The court cannot transfer property or title. Family Law Article Sec. 8-202(a)(3); Blake v. Blake, 81 Md. App. 712, 569 A.2d 724 (1990). The court's authority to grant an option to purchase marital property to either co-tenant at a fixed price is unfounded in Maryland law. There may very well be a need for greater flexibility in fashioning equitable remedies as to disposition of marital property. Thus far, however, this Court is unaware of any authority that allows the lower court to apply a fixed price. The very purpose of the statute authorizing a sale of property in lieu of partition is to minimize loss or injury to the parties. Md.Real Prop. Code Ann. § 14-107(a); Lentz v. Dypsky, 49 Md. App. 97, 430 A.2d 109 (1981). Indeed, the lower court's subsequent grant of an option to purchase the properties at a fixed price undermines the equitable purpose of the sale that the lower court had previously ordered. Accordingly, the real property and business are to be sold in lieu of partition and the net proceeds distributed in accordance with Maryland Statutes and Rules.[6]

Alimony

Appellee asseverates that the chancellor abused his discretion in denying her alimony. Currently, the principal function of alimony is rehabilitation. In Holston v. Holston, 58 Md. App. 308, 531, 473 A.2d 459 (1984), Judge Bloom, speaking on our behalf, stated:

[W]hen awarding alimony, the chancellor is required to consider not only those factors relating to the financial situation, age and health of each party, their standards of living, the duration of marriage and the contribution of each party to its well being but also the ability of the party seeking alimony to be wholly or partially self-supporting ...

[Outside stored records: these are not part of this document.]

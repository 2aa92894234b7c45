//! What the desk answers.

use book_model::LimitFault;
use book_text::BookFault;
use parts_usage::OrderFault;
use pb_base::{Body, Day, Id};

/// What there is none of.
#[derive(Clone, Copy, Debug, PartialEq, Eq)]
pub enum Missing {
    Draft,
    Book,
    Order,
}

/// What can't grow further.
#[derive(Clone, Copy, Debug, PartialEq, Eq)]
pub enum FullOf {
    Drafts,
    /// The draft's revision is the highest that there is.
    Revisions,
    Books,
    Orders,
    /// The calls that this run may make are used up.
    Calls,
}

/// The answer to one call.
#[derive(Drop)]
pub enum Reply {
    /// The draft is kept under this revision, 1 where it is new.
    Kept { draft: Id, revision: u32 },
    /// The draft belongs to `to` now.
    Given { draft: Id, to: Id },
    /// The text of a draft or of a book, as it was put.
    Raw(Body),
    /// The certificate of a book.
    Cert(Body),
    OwnerIs { owner: Id, revision: u32 },
    /// The report of a checked draft; what can still be chosen beside an order; how an order would be accepted; or a list of books
    /// or of orders.
    Report(Body),
    /// The book of a released draft; fresh where this call made it.
    BookIs { number: u32, fresh: bool },
    /// The order is kept, with the text of its outcome; fresh where this call placed it.
    Placed { fresh: bool, text: Body },
    /// A kept order: its book, its day, and the text of its outcome.
    OrderIs { book: u32, day: Day, text: Body },
    /// The book is out of force.
    Withdrawn(u32),
    /// The draft, or the book's draft, belongs to another caller.
    NotOwner(Id),
    NoSuch(Missing),
    /// The order's book is out of force.
    Gone(u32),
    /// The draft has this other revision.
    Changed(u32),
    /// The caller's number is taken by another order, against this book.
    NumberUsed(u32),
    /// The draft's text is no book.
    TextRefused(BookFault),
    /// The draft can't be released: the report has what was found.
    Found(Body),
    /// Whether the draft can be released stayed open: the report has the open questions.
    Undecided(Body),
    /// Checking the draft exceeds a limit.
    Limit(LimitFault),
    /// The constructibility rule of this name refuses the order.
    Refused(Id),
    OrderFault(OrderFault),
    /// A write failed, and nothing was kept; with the counts of faults before and after it.
    StoreFault { before: u64, after: u64 },
    Full(FullOf),
    /// Want of memory. The call may be made again.
    Memory,
}
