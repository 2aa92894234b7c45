//! What a conflict teaches: a clause with one literal of the current level.
ghost use Rattle.std.specs.Prelude.{◌≡◌, ℕ, ◌+◌, ◌*◌, ◌-◌, ◌<◌, ◌≤◌, length, take, IfOk, OnOk, OnErr, IfSome, IfNone};
ghost use Rattle.clause_pool.specs.Literal.{complement};
ghost use Rattle.clause_pool.specs.Clause.{KeepsBounds};
ghost use Rattle.clause_pool.specs.Marks.{marked};
ghost use Rattle.propagate.specs.Trail.{IsTrail, AreLiterals, level};
ghost use Rattle.solver.specs.Marks.{IsChain, IsTop, IsUip, NoneMarked, AreFalse, AreClear, false_at, start_of};
ghost use Rattle.solver.specs.Search.{IsReady, IsKept, IsLearning, IsAppended, IsLesson};
ghost use Rattle.chains.specs.Growth.{Extends};

use crate::conflict::{Resolvable, resolve_at};
use crate::marks::{last_marked, unmark};
use crate::minimize::minimize;
use crate::order::Order;
use crate::resolution::Resolution;
use crate::way::{Span, Way};
use clause_pool::{Kernel, Lit, Pool, Ref, push_marked};
use pb_base::Memory;
use propagate::Engine;

// The latest marked place before `end`, where a marked place from `from` on is known.
fn next_below(marks: &[bool], lits: &[Lit], from: usize, end: usize, known: usize) -> Option<usize>
    requires known { IsTop lits.now marks.now from (known + 1) known }
    requires within { known ≤ end }
    requires end { end < length lits.now }
    requires below { (k : ℕ) → k < length lits.now → false_at lits.now k < length marks.now }
    ensures found { IfSome result (λ k. IsTop lits.now marks.now from (k + 1) k) }
    ensures before { IfSome result (λ k. k < end) }
    ensures none { IfNone result (NoneMarked lits.now marks.now from end) }
{
    if known < end {
        return Some(known);
    }
    last_marked(marks, lits, from, end)
}

/// Resolves down the trail until one literal of the current level is left, and gives its complement's place.
pub(crate) fn find_uip(
    engine: &Engine,
    pool: &Pool,
    resolution: &mut Resolution,
    way: &mut Way,
    order: &mut Order,
) -> Result<usize, Memory>
    requires attached { pool.now.clauses ≡ engine.now.clauses }
    requires level { 0 < level engine.now }
    requires chain { IsChain pool.now.clauses resolution.old }
    requires table { length resolution.old.marks.items ≡ 2 * engine.now.vars }
    requires all_false { AreFalse engine.now.lits resolution.old.marks.items }
    requires not_before { AreFalse (take (start_of engine.now) engine.now.lits) resolution.old.marks.items
        → ⊥ }
    ensures chain { OnOk result (IsChain pool.now.clauses resolution.new) }
    ensures uip { IfOk result (IsUip engine.now resolution.new.marks.items) }
    ensures table { length resolution.new.marks.items ≡ 2 * engine.now.vars }
{
    let lits = engine.trail();
    let start = engine.end_of(engine.level() - 1);
    let fixed = engine.end_of(0);
    let span = Span { fixed, start };
    let Some(mut place) = last_marked(&resolution.marks, lits, start, lits.len()) else {
        unreachable!();
    };
    let mut known = place;
    while let Some(below) = next_below(&resolution.marks, lits, start, place, known) {
        let Some(reason) = engine.reason_at(place) else {
            unreachable!();
        };
        let clause = pool.lits(reason);
        way.look_back(engine, order, &resolution.marks, clause, span);
        let at = Resolvable { place, reason };
        resolve_at(engine, pool, resolution, at, clause)?;
        let Some(next) = last_marked(&resolution.marks, lits, below, place) else {
            unreachable!();
        };
        place = next;
        known = below;
    }
    Ok(place)
}

/// Appends the resolvent of a chain to a kernel. Its literals are written to the vector first.
pub(crate) fn append(
    kernel: &mut Kernel,
    resolution: &Resolution,
    literals: &mut Vec<Lit>,
) -> Result<Ref, Memory>
    requires chain { IsChain kernel.old.clauses resolution.now }
    requires some { 0 < length resolution.now.pairs.items }
    ensures place { IfOk result (λ at. at ≡ length kernel.old.clauses) }
    ensures appended { OnOk result (IsAppended kernel.old kernel.new resolution.now.marks.items) }
    ensures bounds { KeepsBounds kernel.old.clauses kernel.new.clauses }
    ensures err { OnErr result (kernel.new ≡ kernel.old) }
{
    literals.clear();
    push_marked(&resolution.marks, &resolution.touched, literals)?;
    let at = kernel.append(resolution.start, &resolution.pairs, literals)?;
    Ok(at)
}

// Begins the way with the literals of a clause that is false.
fn begin_lesson(engine: &Engine, way: &mut Way, order: &mut Order, lits: &[Lit])
    requires level { 0 < level engine.now }
    requires below { AreLiterals lits.now (2 * engine.now.vars) }
{
    let start = engine.end_of(engine.level() - 1);
    let fixed = engine.end_of(0);
    way.begin_lesson(engine, order, lits, Span { fixed, start });
}

// Resolves a clause that is false down to one with a single literal of the current level, and gives the place of
// the trail that stands against it.
fn resolve_conflict(
    engine: &Engine,
    pool: &Pool,
    resolution: &mut Resolution,
    way: &mut Way,
    order: &mut Order,
    at: Ref,
) -> Result<usize, Memory>
    requires ready { IsReady pool.now.clauses engine.now resolution.old.marks.items }
    requires level { 0 < level engine.now }
    requires conflict { IsLearning engine.now at }
    ensures chain { OnOk result (IsChain pool.now.clauses resolution.new) }
    ensures uip { IfOk result (IsUip engine.now resolution.new.marks.items) }
    ensures some { OnOk result (0 < length resolution.new.pairs.items) }
    ensures trail { IsTrail engine.now }
    ensures table { length resolution.new.marks.items ≡ 2 * engine.now.vars }
{
    engine.level();
    begin_lesson(engine, way, order, pool.lits(at));
    resolution.begin(pool, at)?;
    let place = find_uip(engine, pool, resolution, way, order)?;
    minimize(engine, pool, resolution, way, place)?;
    Ok(place)
}

/// Learns a clause from one that is false, and gives the place of the trail at which it stands against it.
pub(crate) fn analyze(
    kernel: &mut Kernel,
    engine: &Engine,
    resolution: &mut Resolution,
    way: &mut Way,
    order: &mut Order,
    at: Ref,
) -> Result<usize, Memory>
    requires ready { IsReady kernel.old.clauses engine.now resolution.old.marks.items }
    requires level { 0 < level engine.now }
    requires conflict { IsLearning engine.now at }
    ensures extends { Extends kernel.old kernel.new }
    ensures kept { IsKept kernel.new.clauses engine.now resolution.new.marks.items }
    ensures learnt { IfOk result (IsLesson kernel.old kernel.new engine.now) }
    ensures clear { OnOk result (AreClear resolution.new.marks.items) }
{
    kernel.given();
    let place = resolve_conflict(engine, kernel.pool(), resolution, way, order, at)?;
    let learnt = append(kernel, resolution, &mut way.literals)?;
    unmark(&mut resolution.marks, kernel.pool().lits(learnt));
    order.decay();
    Ok(place)
}
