//! From the check of certificates to a verdict.

ghost use Rattle.std.specs.Prelude.{List, IfOk, Ok, Err};
ghost use Rattle.events.specs.declared.event.Event.{Event};
ghost use Rattle.report.specs.Counts.{AreCountsOf};
ghost use Rattle.report.specs.Verdicts.{IsVerdictOnCheck};

use crate::counting::summary_of;
use crate::verdict::{Summary, Verdict};
use checker::Refusal;
use events::History;
use std::alloc::{AllocError, Global};

/// Yes with these counts.
fn accepted(counts: Result<Summary, AllocError>) -> Verdict
    ensures { (es : List Event) → IfOk counts (λ s. AreCountsOf es s)
        → IsVerdictOnCheck es (Ok tt) result }
{
    match counts {
        Ok(counts) => Verdict::Yes(counts),
        Err(AllocError) => Verdict::NoMemory,
    }
}

/// No with this refusal.
fn refused(refusal: Refusal) -> Verdict
    ensures { (es : List Event) → IsVerdictOnCheck es (Err refusal) result }
{
    match refusal {
        Refusal::NoMemory => Verdict::NoMemory,
        _ => Verdict::No(refusal),
    }
}

/// Returns the verdict if the certificates of a history were checked with this result: yes with the
/// counts of the history, or no with the refusal; `NoMemory` if an allocation failed, in the check
/// or here.
pub fn verdict_on_check(alloc: Global, history: &History, checked: Result<(), Refusal>) -> Verdict
    ensures { IsVerdictOnCheck history.now checked result }
{
    match checked {
        Ok(()) => accepted(summary_of(alloc, history.events())),
        Err(refusal) => refused(refusal),
    }
}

In the case sub judice, the chancellor granted appellee alimony of $25 per month for one year. On remand, the lower court, due to the change in circumstances and because the alimony awarded was minimal, did not award alimony to appellee. Under the present circumstances, the chancellor's failure to award alimony was not a clear abuse of discretion.

JUDGMENT AFFIRMED IN PART AND REVERSED IN PART;

CASE REMANDED TO CIRCUIT COURT FOR ANNE ARUNDEL COUNTY FOR FURTHER PROCEEDINGS IN ACCORDANCE WITH THIS OPINION;

THREE-FOURTHS COSTS TO BE PAID BY APPELLANT;

ONE-FOURTH COSTS TO BE PAID BY APPELLEE.

NOTES

[1] Kline v. Kline, 85 Md. App. 28, 581 A.2d 1300 (1990).

[2] Mortgage payments on jointly owned real property made by husband deemed Crawford credits. Crawford v. Crawford, 293 Md. 307, 443 A.2d 599 (1982).

[3] "B & M" stands for "Butch," Mr. Kline's nickname, and "Marlene," Mrs. Kline's first name.

[4] Kline I, supra, 85 Md. App., at 52, 581 A.2d 1300.

[5] Rule 8-605 provides, in pertinent part:

[A] party may file pursuant to this Rule a motion for reconsideration of a decision by the Court that disposes of the appeal. The motion shall be filed (1) before issuance of the mandate or (2) within 30 days after the filing of the opinion of the Court, whichever is earlier.

[6] Real Property Article 14-107 and Maryland Rule BJ.